## THE PROBLEM
In the entries below, find every line holding the string "match" and collect it.

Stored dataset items

···

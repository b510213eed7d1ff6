//! Expressions, one function a rule.

ghost use Rattle.std.specs.Prelude.{◌≡◌, ◌<◌, ◌≤◌, length, IfOk, OnOk, Err};
ghost use Rattle.slot_lang.specs.Expressions.{Expression, IsExpr, OneExpression, spell_expression, tree_of_expression, spell_factor, tree_of_factor, spell_group};
ghost use Rattle.slot_lang.specs.code.Expressions.{EndsExpression, EndsFactor, ReadsExpression, ReadsComparison, ReadsPrefixed, ReadsPathFrom, Closes};
ghost use Rattle.slot_lang.specs.code.Levels.{ReadsChain, ReadsOperand, GoesOn};
ghost use Rattle.slot_lang.specs.declared.precedence.Level.TheVariants.{And, Sum, Term};
ghost use Rattle.token_reading.specs.code.Reading.{Reads, EndsAnywhere};
ghost use Rattle.token_reading.specs.declared.fault.ParseFault.TheVariants.{Syntax};
ghost use Rattle.syntax_trees.specs.declared.syntax.Expr.{Expr};
ghost use Rattle.syntax_trees.specs.declared.syntax.Expr.TheVariants as tree;
ghost use Rattle.syntax_trees.specs.declared.syntax.Path.{Path};

use crate::path::names;
use crate::precedence::{Level, Precedence, is_operator_next, operator};
use basic_types::Word;
use sqlite_items::Boxed;
use std::alloc::{AllocError, Global};
use syntax_trees::{Binary, Expr, Path, Root, Unary};
use texts::{Symbol, Token};
use token_reading::{Cursor, GREATEST, ParseFault, Part, Wanted, unsigned_literal};

/// What an operand begins with, besides `this`.
const OPERAND: [Wanted; 9] = [
    Wanted::Name,
    Wanted::Number(GREATEST),
    Wanted::Text,
    Wanted::Word(Word::True),
    Wanted::Word(Word::False),
    Wanted::Word(Word::Null),
    Wanted::Symbol(Symbol::Open),
    Wanted::Symbol(Symbol::Not),
    Wanted::Symbol(Symbol::Minus),
];

/// Reads an expression, which all of the tokens are. A number in it is at most 2147483647, and a text has at most 255
/// bytes.
///
/// `Syntax` where the tokens aren't an expression, and only there; `Memory` where a growth of memory was refused.
pub fn parse_expr(alloc: Global, tokens: &[Token]) -> Result<Expr<Path>, ParseFault>
    ensures read { IfOk result (λ e. IsExpr tokens.now e) }
    ensures refused { result ≡ Err Syntax → (e : Expr Path) → IsExpr tokens.now e → ⊥ }
{
    let mut cursor = Cursor::new(alloc, tokens);
    let expression = expression(&mut cursor)?;
    if cursor.is_empty() {
        Ok(expression)
    } else {
        Err(ParseFault::Syntax)
    }
}

/// Tokens are an expression in at most one way.
pub fn one_expression()
    ensures { OneExpression }
{}

/// Takes the expression that has to come next.
///
/// `Syntax` where the tokens begin with no expression, and only there; `Memory` where a growth of memory was refused.
#[cycle(expression)]
pub fn expression(cursor: &mut Cursor) -> Result<Expr<Path>, ParseFault>
    ensures reads { ReadsExpression cursor.old result cursor.new }
    ensures shorter { OnOk result (length cursor.new < length cursor.old) }
{
    let first = conjunction(cursor)?;
    go_on(cursor, Level::Or, first)
}

/// `cmp {"&&" cmp}`
#[cycle(expression)]
#[inline(always)]
fn conjunction(cursor: &mut Cursor) -> Result<Expr<Path>, ParseFault>
    ensures reads { ReadsChain And cursor.old result cursor.new }
    ensures shorter { OnOk result (length cursor.new < length cursor.old) }
{
    let first = comparison(cursor)?;
    go_on(cursor, Level::And, first)
}

/// Two operands with an operator between them, or one: comparisons don't chain.
#[cycle(expression)]
#[inline(always)]
fn comparison(cursor: &mut Cursor) -> Result<Expr<Path>, ParseFault>
    ensures reads { ReadsComparison cursor.old result cursor.new }
    ensures shorter { OnOk result (length cursor.new < length cursor.old) }
{
    let left = sum(cursor)?;
    match operator(cursor, Precedence::Comparison) {
        Some(operator) => {
            let right = sum(cursor)?;
            let compared = binary(cursor.alloc(), operator, left, right)?;
            Ok(compared)
        }
        None => Ok(left),
    }
}

/// `term {("+" | "-") term}`
#[cycle(expression)]
#[inline(always)]
fn sum(cursor: &mut Cursor) -> Result<Expr<Path>, ParseFault>
    ensures reads { ReadsChain Sum cursor.old result cursor.new }
    ensures shorter { OnOk result (length cursor.new < length cursor.old) }
{
    let first = term(cursor)?;
    go_on(cursor, Level::Sum, first)
}

/// `factor {"*" factor}`
#[cycle(expression)]
#[inline(always)]
fn term(cursor: &mut Cursor) -> Result<Expr<Path>, ParseFault>
    ensures reads { ReadsChain Term cursor.old result cursor.new }
    ensures shorter { OnOk result (length cursor.new < length cursor.old) }
{
    let first = factor(cursor)?;
    go_on(cursor, Level::Term, first)
}

/// The first operand, or what it is with the operators of the level that follow it. Most often none does.
#[cycle(expression)]
#[inline(always)]
fn go_on(cursor: &mut Cursor, level: Level, first: Expr<Path>) -> Result<Expr<Path>, ParseFault>
    ensures reads { GoesOn level first cursor.old result cursor.new }
    ensures no_longer { OnOk result (length cursor.new ≤ length cursor.old) }
{
    if is_operator_next(cursor, level.precedence()) {
        chain(cursor, level, first)
    } else {
        Ok(first)
    }
}

/// `{operator operand}`, behind the first operand; it groups to the left.
#[cycle(expression)]
fn chain(cursor: &mut Cursor, level: Level, first: Expr<Path>) -> Result<Expr<Path>, ParseFault>
    ensures reads { GoesOn level first cursor.old result cursor.new }
    ensures no_longer { OnOk result (length cursor.new ≤ length cursor.old) }
{
    let mut left = first;
    while let Some(operator) = operator(cursor, level.precedence()) {
        let right = operand(cursor, level)?;
        left = binary(cursor.alloc(), operator, left, right)?;
    }
    Ok(left)
}

/// What stands between the operators of the level.
#[cycle(expression)]
fn operand(cursor: &mut Cursor, level: Level) -> Result<Expr<Path>, ParseFault>
    ensures reads { ReadsOperand level cursor.old result cursor.new }
    ensures shorter { OnOk result (length cursor.new < length cursor.old) }
{
    match level {
        Level::Or => conjunction(cursor),
        Level::And => comparison(cursor),
        Level::Sum => term(cursor),
        Level::Term => factor(cursor),
    }
}

#[cycle(expression)]
fn factor(cursor: &mut Cursor) -> Result<Expr<Path>, ParseFault>
    ensures reads { Reads spell_factor tree_of_factor EndsFactor cursor.old result cursor.new }
    ensures shorter { OnOk result (length cursor.new < length cursor.old) }
{
    if cursor.eat_word(Word::This) {
        return path_from(cursor, Root::This);
    }
    let token = cursor.next_of(&OPERAND)?;
    match token {
        Token::Symbol(symbol) => match symbol {
            Symbol::Not => prefixed(cursor, Unary::Not),
            Symbol::Minus => prefixed(cursor, Unary::Minus),
            Symbol::Open => group(cursor),
            _ => Err(ParseFault::Syntax),
        },
        Token::Name(name) => {
            let root = name.copy()?;
            path_from(cursor, Root::Name(root))
        }
        _ => {
            let literal = unsigned_literal(token)?;
            Ok(Expr::Literal(literal.into_value()))
        }
    }
}

/// What follows an operator in front of its operand.
#[cycle(expression)]
fn prefixed(cursor: &mut Cursor, operator: Unary) -> Result<Expr<Path>, ParseFault>
    ensures reads { ReadsPrefixed operator cursor.old result cursor.new }
    ensures shorter { OnOk result (length cursor.new < length cursor.old) }
{
    let operand = factor(cursor)?;
    let operand = Boxed::new(cursor.alloc(), operand)?;
    Ok(Expr::Unary(operator, operand))
}

/// What follows an opening parenthesis.
#[cycle(expression)]
pub fn group(cursor: &mut Cursor) -> Result<Expr<Path>, ParseFault>
    ensures reads { Reads spell_group tree_of_expression EndsAnywhere cursor.old result cursor.new }
    ensures shorter { OnOk result (length cursor.new < length cursor.old) }
{
    let inner = expression(cursor)?;
    close(cursor, inner)
}

/// Gives the tree back, if a closing parenthesis comes next.
fn close(cursor: &mut Cursor, inner: Expr<Path>) -> Result<Expr<Path>, ParseFault>
    ensures found { Closes inner cursor.old result cursor.new }
    ensures shorter { OnOk result (length cursor.new < length cursor.old) }
{
    cursor.expect(Symbol::Close)?;
    Ok(inner)
}

/// The path that goes on from the root.
fn path_from(cursor: &mut Cursor, root: Root) -> Result<Expr<Path>, ParseFault>
    ensures reads { ReadsPathFrom root cursor.old result cursor.new }
    ensures no_longer { OnOk result (length cursor.new ≤ length cursor.old) }
{
    let properties = names(cursor)?;
    Ok(Expr::Path(Path { root, properties }))
}

/// The operator between its operands.
fn binary(
    alloc: Global,
    operator: Binary,
    left: Expr<Path>,
    right: Expr<Path>,
) -> Result<Expr<Path>, AllocError>
    ensures { IfOk result (λ e. e ≡ tree.Binary operator left right) }
{
    let left = Boxed::new(alloc, left)?;
    let right = Boxed::new(alloc, right)?;
    Ok(Expr::Binary(operator, left, right))
}

/// An expression, as a part of a list.
pub struct Argument;

impl Part for Argument {
    type Tree = Expr<Path>;

    ghost Reading = { Expression };

    ghost spell = { spell_expression };

    ghost tree = { tree_of_expression };

    ghost Ends = { EndsExpression };

    fn read(cursor: &mut Cursor) -> Result<Expr<Path>, ParseFault> {
        expression(cursor)
    }
}
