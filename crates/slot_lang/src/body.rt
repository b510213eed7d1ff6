//! Statements and blocks.

ghost use Rattle.std.specs.Prelude.{◌≡◌, ◌<◌, ◌≤◌, ◌∷◌, length, IfOk, OnOk, Err};
ghost use Rattle.slot_lang.specs.Expressions.{tree_of_expression};
ghost use Rattle.slot_lang.specs.Grammar.{IsBody, IsNoBody, OneBody, spell_value, spell_call, tree_of_call, spell_else, tree_of_else, spell_block, tree_of_block};
ghost use Rattle.slot_lang.specs.code.Grammar.{ReadsStatement, ReadsAssignment, ReadsEmission, ReadsCondition, ReadsArguments, spell_choice, tree_of_choice, EndsStatement};
ghost use Rattle.slot_lang.specs.Reads.{ReadsBody, OneAnswer};
ghost use Rattle.token_reading.specs.code.Reading.{Reads, EndsAnywhere};
ghost use Rattle.token_reading.specs.declared.fault.ParseFault.TheVariants.{Syntax};
ghost use Rattle.texts.specs.declared.token.Token.TheVariants as token;

use crate::connection::{connection, disconnection};
use crate::deletion::{deletion, later_deletion};
use crate::expression::{Argument, expression, group};
use crate::fault::BodyFault;
use crate::limits::body_has_few_parameters;
use crate::path::target;
use crate::update_group::update_group;
use basic_types::{Name, Word};
use sqlite_items::Items;
use std::alloc::Global;
use syntax_trees::{Body, Expr, Path, Stmt};
use texts::{Symbol, Token};
use token_reading::{Cursor, Landmark, ParseFault, Wanted, has_plain_reference, list};

/// What begins a statement.
const STATEMENTS: [Wanted; 9] = [
    Wanted::Word(Word::Set),
    Wanted::Word(Word::Emit),
    Wanted::Word(Word::Call),
    Wanted::Word(Word::If),
    Wanted::Word(Word::Connect),
    Wanted::Word(Word::Disconnect),
    Wanted::Word(Word::Delete),
    Wanted::Word(Word::Later),
    Wanted::Spelled(b"group"),
];

/// Reads a slot's body, which all of the tokens are: its statements, in their order.
///
/// Of several things that are wrong with the tokens the first of these is the answer:
/// - `Syntax`: they are no body.
/// - `BadType`: a reference isn't const, as `T &`.
/// - `TooMany`: a signature in the body has more than 8 types.
///
/// `Memory`, that a growth of memory was refused, can come at any point.
pub fn parse_body(alloc: Global, tokens: &[Token]) -> Result<Body, BodyFault>
    ensures { ReadsBody tokens.now result }
{
    let body = whole_body(alloc, tokens)?;
    if has_plain_reference(tokens) {
        return Err(BodyFault::BadType);
    }
    if !body_has_few_parameters(body.as_slice()) {
        return Err(BodyFault::TooMany);
    }
    Ok(body)
}

/// Tokens have at most one answer as a body, unless memory runs out.
pub fn one_answer()
    ensures { OneAnswer }
{}

/// The body that all of the tokens are.
fn whole_body(alloc: Global, tokens: &[Token]) -> Result<Body, ParseFault>
    ensures read { IfOk result (λ body. IsBody tokens.now body) }
    ensures refused { result ≡ Err Syntax → IsNoBody tokens.now }
{
    let mut cursor = Cursor::new(alloc, tokens);
    let body = block(&mut cursor)?;
    if cursor.is_empty() {
        Ok(body)
    } else {
        Err(ParseFault::Syntax)
    }
}

/// Tokens are a slot's body in at most one way.
pub fn one_body()
    ensures { OneBody }
{}

/// A block has room at first for so many statements. Most have no more.
const MOSTLY: usize = 2;

/// Takes the block that has to come next: `{`, statements and `}`.
///
/// `Syntax` where the tokens begin with no block, and only there; `Memory` where a growth of memory was refused.
#[cycle(block)]
pub fn block(cursor: &mut Cursor) -> Result<Body, ParseFault>
    ensures reads { Reads spell_block tree_of_block EndsAnywhere cursor.old result cursor.new }
    ensures shorter { OnOk result (length cursor.new < length cursor.old) }
{
    cursor.expect(Symbol::OpenBrace)?;
    let mut found = Items::from_vec(Vec::with_capacity(cursor.alloc(), MOSTLY)?);
    while !cursor.eat(Symbol::CloseBrace) {
        let statement = statement(cursor)?;
        found.push(statement)?;
    }
    Ok(found)
}

#[cycle(block)]
fn statement(cursor: &mut Cursor) -> Result<Stmt, ParseFault>
    ensures reads { ReadsStatement cursor.old result cursor.new }
    ensures shorter { OnOk result (length cursor.new < length cursor.old) }
{
    match cursor.opening(Landmark::Statement, &STATEMENTS)? {
        Token::Word(word) => begun_by_word(cursor, *word),
        Token::Name(name) => begun_by_name(cursor, name),
        _ => Err(ParseFault::Syntax),
    }
}

/// What follows the reserved word of a statement.
#[cycle(block)]
fn begun_by_word(cursor: &mut Cursor, word: Word) -> Result<Stmt, ParseFault>
    ensures reads { ReadsStatement (token.Word word ∷ cursor.old) result cursor.new }
    ensures shorter { OnOk result (length cursor.new < length cursor.old) }
{
    match word {
        Word::Set => assignment(cursor),
        Word::Emit => emission(cursor),
        Word::Call => call(cursor),
        Word::If => choice(cursor),
        Word::Connect => connection(cursor),
        Word::Disconnect => disconnection(cursor),
        Word::Delete => deletion(cursor),
        Word::Later => later_deletion(cursor),
        _ => Err(ParseFault::Syntax),
    }
}

/// What follows the name with which a statement begins.
fn begun_by_name(cursor: &mut Cursor, name: &Name) -> Result<Stmt, ParseFault>
    ensures reads { ReadsStatement (token.Name name.now ∷ cursor.old) result cursor.new }
    ensures shorter { OnOk result (length cursor.new < length cursor.old) }
{
    if name.bytes() == b"group".as_slice() {
        update_group(cursor)
    } else {
        Err(ParseFault::Syntax)
    }
}

/// What follows `if`.
#[cycle(block)]
fn choice(cursor: &mut Cursor) -> Result<Stmt, ParseFault>
    ensures reads { Reads spell_choice tree_of_choice EndsStatement cursor.old result cursor.new }
    ensures shorter { OnOk result (length cursor.new < length cursor.old) }
{
    let condition = condition(cursor)?;
    let body = block(cursor)?;
    let other = otherwise(cursor)?;
    Ok(Stmt::If(condition, body, other))
}

/// `["else" block]`
#[cycle(block)]
fn otherwise(cursor: &mut Cursor) -> Result<Body, ParseFault>
    ensures reads { Reads spell_else tree_of_else EndsStatement cursor.old result cursor.new }
    ensures no_longer { OnOk result (length cursor.new ≤ length cursor.old) }
{
    if cursor.eat_word(Word::Else) {
        let body = block(cursor)?;
        Ok(body)
    } else {
        Ok(Items::new(cursor.alloc()))
    }
}

/// `"(" expr ")"`
fn condition(cursor: &mut Cursor) -> Result<Expr<Path>, ParseFault>
    ensures reads { ReadsCondition cursor.old result cursor.new }
    ensures shorter { OnOk result (length cursor.new < length cursor.old) }
{
    cursor.expect(Symbol::Open)?;
    let condition = group(cursor)?;
    Ok(condition)
}

/// What follows `set`.
pub fn assignment(cursor: &mut Cursor) -> Result<Stmt, ParseFault>
    ensures reads { ReadsAssignment cursor.old result cursor.new }
    ensures shorter { OnOk result (length cursor.new < length cursor.old) }
{
    let (path, property) = target(cursor)?;
    let value = value(cursor)?;
    Ok(Stmt::Set(path, property, value))
}

/// What follows `emit`.
fn emission(cursor: &mut Cursor) -> Result<Stmt, ParseFault>
    ensures reads { ReadsEmission cursor.old result cursor.new }
    ensures shorter { OnOk result (length cursor.new < length cursor.old) }
{
    let signal = cursor.name()?;
    let arguments = arguments(cursor)?;
    Ok(Stmt::Emit(signal, arguments))
}

/// What follows `call`.
fn call(cursor: &mut Cursor) -> Result<Stmt, ParseFault>
    ensures reads { Reads spell_call tree_of_call EndsAnywhere cursor.old result cursor.new }
    ensures shorter { OnOk result (length cursor.new < length cursor.old) }
{
    let (path, method) = target(cursor)?;
    let arguments = arguments(cursor)?;
    Ok(Stmt::Call(path, method, arguments))
}

/// `"=" expr ";"`
pub fn value(cursor: &mut Cursor) -> Result<Expr<Path>, ParseFault>
    ensures reads { Reads spell_value tree_of_expression EndsAnywhere cursor.old result cursor.new }
    ensures shorter { OnOk result (length cursor.new < length cursor.old) }
{
    cursor.expect(Symbol::Assign)?;
    let value = expression(cursor)?;
    cursor.expect(Symbol::Semicolon)?;
    Ok(value)
}

/// `"(" [expr {"," expr}] ")" ";"`
fn arguments(cursor: &mut Cursor) -> Result<Items<Expr<Path>>, ParseFault>
    ensures reads { ReadsArguments cursor.old result cursor.new }
    ensures shorter { OnOk result (length cursor.new < length cursor.old) }
{
    let arguments = list::<Argument>(cursor)?;
    cursor.expect(Symbol::Semicolon)?;
    Ok(arguments)
}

···

## PROBLEM SOLUTION
    match operator(cursor, Precedence::Comparison) {
    match level {
    match token {
        Token::Symbol(symbol) => match symbol {
    match cursor.opening(Landmark::Statement, &STATEMENTS)? {
    match word {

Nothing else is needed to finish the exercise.